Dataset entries
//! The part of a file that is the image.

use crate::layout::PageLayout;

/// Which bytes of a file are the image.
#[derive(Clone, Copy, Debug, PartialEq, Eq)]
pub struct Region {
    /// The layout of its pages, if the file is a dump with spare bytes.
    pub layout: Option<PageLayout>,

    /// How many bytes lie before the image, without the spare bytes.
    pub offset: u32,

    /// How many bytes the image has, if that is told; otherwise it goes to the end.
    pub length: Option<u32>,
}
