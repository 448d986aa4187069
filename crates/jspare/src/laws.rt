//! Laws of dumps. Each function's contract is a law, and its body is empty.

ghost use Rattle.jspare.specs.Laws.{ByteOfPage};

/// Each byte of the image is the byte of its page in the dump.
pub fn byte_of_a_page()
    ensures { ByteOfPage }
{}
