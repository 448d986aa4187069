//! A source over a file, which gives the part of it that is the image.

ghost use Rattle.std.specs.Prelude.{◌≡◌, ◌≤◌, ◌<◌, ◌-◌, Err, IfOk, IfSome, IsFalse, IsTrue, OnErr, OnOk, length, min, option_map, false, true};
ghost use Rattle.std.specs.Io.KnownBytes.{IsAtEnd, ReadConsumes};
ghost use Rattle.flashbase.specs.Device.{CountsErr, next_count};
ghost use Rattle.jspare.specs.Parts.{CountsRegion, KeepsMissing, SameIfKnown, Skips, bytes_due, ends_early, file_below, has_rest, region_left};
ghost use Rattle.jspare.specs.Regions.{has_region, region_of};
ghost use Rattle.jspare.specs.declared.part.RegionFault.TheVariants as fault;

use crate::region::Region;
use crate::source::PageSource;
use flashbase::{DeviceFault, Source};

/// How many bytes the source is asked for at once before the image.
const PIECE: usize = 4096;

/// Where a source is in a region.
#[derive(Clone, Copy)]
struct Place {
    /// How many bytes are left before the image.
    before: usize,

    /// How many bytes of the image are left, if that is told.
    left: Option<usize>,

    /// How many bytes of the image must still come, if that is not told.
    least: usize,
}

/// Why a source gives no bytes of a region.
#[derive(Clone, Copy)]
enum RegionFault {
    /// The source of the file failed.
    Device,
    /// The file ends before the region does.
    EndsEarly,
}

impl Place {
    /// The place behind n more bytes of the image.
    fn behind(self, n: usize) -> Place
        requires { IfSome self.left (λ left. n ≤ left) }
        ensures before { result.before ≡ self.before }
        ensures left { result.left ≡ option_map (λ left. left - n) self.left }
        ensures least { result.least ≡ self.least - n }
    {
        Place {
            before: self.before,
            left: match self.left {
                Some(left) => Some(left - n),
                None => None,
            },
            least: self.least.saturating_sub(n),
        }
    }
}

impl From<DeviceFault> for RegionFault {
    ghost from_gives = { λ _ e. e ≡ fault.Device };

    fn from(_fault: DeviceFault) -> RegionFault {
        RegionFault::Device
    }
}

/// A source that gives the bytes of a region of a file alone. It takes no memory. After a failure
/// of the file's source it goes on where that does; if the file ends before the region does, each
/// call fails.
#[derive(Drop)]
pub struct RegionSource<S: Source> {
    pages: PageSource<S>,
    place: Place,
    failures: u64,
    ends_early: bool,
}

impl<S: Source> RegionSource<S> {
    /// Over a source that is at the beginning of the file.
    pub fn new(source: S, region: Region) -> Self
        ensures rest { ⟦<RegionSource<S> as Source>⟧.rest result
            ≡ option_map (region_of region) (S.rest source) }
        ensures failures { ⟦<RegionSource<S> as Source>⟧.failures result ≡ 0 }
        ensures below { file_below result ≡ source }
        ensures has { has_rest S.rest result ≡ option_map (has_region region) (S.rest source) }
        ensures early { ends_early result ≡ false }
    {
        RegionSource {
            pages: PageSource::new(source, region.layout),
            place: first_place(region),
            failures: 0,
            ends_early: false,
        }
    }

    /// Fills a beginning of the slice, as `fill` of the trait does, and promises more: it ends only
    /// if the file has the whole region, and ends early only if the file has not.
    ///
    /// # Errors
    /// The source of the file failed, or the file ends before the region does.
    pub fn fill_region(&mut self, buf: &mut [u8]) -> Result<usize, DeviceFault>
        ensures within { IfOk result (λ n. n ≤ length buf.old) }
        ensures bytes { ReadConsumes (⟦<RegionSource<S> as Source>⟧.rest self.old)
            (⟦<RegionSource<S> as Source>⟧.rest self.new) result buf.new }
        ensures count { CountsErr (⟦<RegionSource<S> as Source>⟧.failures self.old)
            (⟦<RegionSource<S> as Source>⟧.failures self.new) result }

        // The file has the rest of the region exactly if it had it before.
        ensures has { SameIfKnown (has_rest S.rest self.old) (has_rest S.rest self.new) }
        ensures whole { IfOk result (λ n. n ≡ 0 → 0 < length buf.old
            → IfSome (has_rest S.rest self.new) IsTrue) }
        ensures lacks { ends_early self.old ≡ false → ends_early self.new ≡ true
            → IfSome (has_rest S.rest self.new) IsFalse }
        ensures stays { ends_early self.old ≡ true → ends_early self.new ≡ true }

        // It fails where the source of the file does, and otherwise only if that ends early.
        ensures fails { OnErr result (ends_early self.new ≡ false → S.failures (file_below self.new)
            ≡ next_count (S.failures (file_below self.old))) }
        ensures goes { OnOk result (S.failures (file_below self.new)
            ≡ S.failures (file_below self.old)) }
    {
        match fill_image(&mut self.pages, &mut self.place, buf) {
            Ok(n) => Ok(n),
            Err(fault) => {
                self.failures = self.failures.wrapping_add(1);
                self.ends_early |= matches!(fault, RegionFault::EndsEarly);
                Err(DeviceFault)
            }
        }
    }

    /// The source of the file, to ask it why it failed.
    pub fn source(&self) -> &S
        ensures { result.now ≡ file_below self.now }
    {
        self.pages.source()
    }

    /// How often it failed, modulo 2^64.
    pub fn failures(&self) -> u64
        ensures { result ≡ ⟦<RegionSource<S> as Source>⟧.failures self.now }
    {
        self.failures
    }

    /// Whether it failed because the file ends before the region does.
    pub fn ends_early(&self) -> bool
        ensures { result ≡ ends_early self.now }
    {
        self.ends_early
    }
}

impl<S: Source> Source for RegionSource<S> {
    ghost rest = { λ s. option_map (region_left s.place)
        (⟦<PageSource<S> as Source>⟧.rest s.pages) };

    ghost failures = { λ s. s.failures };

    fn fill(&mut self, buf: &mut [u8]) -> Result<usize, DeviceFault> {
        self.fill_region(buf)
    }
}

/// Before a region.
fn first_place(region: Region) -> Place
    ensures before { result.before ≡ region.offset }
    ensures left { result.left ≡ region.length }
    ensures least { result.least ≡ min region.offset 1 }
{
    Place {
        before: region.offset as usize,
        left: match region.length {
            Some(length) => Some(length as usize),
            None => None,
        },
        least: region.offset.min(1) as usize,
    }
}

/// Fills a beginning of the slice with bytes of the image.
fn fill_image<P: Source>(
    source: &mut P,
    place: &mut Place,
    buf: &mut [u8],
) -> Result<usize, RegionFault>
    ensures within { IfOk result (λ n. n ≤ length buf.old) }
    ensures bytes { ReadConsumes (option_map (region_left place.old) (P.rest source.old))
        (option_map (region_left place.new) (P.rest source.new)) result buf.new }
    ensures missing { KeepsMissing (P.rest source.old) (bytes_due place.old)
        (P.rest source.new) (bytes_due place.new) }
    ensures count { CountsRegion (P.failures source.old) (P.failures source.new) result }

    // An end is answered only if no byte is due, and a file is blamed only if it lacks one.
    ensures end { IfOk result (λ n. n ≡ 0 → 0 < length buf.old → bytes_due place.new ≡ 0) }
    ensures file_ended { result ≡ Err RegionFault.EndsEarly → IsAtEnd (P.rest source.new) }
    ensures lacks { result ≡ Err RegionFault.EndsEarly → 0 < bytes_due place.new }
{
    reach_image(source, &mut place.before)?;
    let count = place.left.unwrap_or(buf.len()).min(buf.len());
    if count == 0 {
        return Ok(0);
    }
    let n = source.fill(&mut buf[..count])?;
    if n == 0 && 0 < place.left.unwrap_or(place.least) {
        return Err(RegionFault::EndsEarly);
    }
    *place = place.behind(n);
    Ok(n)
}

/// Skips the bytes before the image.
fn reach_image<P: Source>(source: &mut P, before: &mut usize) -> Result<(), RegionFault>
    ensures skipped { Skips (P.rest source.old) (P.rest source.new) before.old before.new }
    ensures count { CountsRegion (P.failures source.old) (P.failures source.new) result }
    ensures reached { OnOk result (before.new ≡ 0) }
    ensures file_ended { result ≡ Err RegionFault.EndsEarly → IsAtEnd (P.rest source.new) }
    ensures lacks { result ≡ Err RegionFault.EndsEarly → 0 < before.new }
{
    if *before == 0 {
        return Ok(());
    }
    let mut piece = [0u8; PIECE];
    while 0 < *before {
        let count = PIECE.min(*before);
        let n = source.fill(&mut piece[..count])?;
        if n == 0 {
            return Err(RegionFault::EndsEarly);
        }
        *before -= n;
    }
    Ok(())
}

...

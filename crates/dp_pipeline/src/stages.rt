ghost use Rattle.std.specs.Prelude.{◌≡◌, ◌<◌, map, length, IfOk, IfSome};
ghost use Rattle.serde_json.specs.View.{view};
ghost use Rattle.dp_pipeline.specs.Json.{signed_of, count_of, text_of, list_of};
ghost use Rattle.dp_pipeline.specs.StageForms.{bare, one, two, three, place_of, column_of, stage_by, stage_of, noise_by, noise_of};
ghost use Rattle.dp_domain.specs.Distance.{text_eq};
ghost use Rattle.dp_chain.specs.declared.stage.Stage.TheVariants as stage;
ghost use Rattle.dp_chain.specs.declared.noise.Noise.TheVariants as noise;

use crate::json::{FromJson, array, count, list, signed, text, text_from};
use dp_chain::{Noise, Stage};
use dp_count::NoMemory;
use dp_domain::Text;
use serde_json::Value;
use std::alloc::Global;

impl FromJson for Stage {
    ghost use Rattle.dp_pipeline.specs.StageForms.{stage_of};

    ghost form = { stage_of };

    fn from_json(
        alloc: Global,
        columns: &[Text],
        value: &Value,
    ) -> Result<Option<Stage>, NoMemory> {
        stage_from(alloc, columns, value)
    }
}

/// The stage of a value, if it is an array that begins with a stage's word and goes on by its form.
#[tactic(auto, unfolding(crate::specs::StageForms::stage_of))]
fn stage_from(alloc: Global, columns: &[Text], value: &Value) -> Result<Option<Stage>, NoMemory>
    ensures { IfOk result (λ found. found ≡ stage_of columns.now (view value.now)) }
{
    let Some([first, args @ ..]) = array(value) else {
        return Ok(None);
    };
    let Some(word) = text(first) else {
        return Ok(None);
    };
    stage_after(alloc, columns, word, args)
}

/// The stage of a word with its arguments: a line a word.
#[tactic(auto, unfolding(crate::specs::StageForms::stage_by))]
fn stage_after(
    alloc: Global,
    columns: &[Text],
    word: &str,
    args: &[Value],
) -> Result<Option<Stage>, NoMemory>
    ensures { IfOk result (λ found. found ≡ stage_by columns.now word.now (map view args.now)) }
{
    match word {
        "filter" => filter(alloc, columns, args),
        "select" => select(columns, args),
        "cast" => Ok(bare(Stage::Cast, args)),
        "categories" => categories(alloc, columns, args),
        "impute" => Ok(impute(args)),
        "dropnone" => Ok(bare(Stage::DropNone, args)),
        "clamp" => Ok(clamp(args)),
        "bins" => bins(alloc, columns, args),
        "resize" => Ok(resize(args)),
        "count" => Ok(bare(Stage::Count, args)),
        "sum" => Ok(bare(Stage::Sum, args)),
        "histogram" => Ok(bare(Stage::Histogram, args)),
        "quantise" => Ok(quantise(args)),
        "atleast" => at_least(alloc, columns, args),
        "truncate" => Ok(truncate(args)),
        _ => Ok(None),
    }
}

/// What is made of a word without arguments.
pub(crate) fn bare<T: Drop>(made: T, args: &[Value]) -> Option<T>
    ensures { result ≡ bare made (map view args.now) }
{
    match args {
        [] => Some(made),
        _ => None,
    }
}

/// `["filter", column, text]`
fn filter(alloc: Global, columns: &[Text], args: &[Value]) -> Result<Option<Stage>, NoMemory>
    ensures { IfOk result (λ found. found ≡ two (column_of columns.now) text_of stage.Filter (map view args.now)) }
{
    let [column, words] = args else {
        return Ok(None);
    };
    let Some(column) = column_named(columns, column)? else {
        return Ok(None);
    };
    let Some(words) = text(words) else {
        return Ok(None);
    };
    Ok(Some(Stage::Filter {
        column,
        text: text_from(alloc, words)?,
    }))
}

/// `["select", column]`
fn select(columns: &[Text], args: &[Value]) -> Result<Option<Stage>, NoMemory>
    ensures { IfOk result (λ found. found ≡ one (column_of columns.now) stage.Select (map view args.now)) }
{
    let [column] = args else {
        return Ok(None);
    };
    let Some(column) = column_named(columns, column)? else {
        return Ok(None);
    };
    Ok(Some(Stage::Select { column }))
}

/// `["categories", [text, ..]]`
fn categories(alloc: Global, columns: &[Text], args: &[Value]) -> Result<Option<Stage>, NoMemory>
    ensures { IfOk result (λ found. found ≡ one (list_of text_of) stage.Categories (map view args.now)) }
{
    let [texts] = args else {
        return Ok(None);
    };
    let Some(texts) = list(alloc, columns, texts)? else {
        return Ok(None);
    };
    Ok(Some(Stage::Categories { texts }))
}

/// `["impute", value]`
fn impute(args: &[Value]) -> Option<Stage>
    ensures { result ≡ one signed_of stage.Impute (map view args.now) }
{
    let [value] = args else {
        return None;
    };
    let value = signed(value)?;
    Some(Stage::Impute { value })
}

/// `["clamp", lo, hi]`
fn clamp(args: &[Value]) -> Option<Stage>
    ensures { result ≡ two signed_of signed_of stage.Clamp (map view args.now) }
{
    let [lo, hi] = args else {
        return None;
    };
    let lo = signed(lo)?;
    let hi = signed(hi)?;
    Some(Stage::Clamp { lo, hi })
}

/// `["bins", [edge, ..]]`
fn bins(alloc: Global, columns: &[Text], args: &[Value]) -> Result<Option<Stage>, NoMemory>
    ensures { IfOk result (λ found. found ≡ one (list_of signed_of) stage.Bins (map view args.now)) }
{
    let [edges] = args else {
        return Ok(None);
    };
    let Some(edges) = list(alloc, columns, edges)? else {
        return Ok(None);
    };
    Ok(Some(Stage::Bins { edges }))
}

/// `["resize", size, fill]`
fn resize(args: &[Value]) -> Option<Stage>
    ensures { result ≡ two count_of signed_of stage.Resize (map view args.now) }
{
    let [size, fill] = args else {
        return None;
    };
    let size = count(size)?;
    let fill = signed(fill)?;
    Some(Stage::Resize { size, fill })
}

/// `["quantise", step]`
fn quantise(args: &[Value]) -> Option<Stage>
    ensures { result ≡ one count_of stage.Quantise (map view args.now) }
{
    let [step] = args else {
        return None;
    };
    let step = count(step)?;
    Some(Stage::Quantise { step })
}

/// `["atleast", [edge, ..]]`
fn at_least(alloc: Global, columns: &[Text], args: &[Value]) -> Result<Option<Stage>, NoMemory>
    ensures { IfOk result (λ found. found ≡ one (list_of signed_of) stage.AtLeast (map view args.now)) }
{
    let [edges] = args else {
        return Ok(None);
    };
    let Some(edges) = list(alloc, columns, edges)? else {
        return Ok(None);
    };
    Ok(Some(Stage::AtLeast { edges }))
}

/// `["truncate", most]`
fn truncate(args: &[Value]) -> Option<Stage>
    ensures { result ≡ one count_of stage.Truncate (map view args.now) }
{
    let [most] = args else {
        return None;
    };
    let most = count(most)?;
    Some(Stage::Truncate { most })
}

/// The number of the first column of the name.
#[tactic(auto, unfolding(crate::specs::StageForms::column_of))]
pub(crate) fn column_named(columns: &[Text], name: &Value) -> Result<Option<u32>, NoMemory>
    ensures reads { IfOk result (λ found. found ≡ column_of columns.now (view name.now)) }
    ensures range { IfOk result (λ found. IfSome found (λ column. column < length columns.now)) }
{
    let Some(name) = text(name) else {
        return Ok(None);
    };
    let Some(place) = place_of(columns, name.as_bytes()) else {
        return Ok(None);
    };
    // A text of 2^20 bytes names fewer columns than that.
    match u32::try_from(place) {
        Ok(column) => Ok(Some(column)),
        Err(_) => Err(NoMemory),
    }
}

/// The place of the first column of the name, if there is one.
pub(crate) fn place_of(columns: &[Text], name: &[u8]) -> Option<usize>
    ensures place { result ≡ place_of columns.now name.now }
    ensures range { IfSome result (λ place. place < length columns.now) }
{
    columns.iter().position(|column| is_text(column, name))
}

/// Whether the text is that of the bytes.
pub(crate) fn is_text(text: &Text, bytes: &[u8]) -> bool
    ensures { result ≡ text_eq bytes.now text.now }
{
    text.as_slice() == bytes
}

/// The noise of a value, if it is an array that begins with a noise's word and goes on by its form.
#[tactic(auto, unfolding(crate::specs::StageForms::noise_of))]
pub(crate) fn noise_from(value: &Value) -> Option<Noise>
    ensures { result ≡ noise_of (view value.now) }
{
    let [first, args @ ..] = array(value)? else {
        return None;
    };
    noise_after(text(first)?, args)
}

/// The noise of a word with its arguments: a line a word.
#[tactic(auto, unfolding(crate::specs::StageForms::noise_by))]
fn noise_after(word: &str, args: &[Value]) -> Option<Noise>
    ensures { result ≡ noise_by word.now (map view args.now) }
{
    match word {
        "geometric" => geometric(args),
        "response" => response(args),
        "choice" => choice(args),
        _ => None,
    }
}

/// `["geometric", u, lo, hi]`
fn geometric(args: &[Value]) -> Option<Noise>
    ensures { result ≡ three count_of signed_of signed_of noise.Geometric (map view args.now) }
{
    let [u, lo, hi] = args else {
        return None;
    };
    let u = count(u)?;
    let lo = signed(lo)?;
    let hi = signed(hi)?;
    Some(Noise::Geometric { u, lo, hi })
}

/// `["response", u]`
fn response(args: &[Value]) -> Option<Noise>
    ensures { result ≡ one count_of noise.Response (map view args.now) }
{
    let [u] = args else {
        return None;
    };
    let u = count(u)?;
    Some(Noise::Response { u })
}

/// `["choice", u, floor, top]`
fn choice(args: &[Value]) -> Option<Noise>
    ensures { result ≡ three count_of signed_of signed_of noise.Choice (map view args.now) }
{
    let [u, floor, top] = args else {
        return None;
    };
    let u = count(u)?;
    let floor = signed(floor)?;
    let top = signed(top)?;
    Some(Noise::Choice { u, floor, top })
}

DESCRIPTION OF THE TASK
Each line that includes the string "offset" should be copied from the data.

SOLUTION
    pub offset: u32,
    ensures before { result.before ≡ region.offset }
    ensures least { result.least ≡ min region.offset 1 }
        before: region.offset as usize,
        least: region.offset.min(1) as usize,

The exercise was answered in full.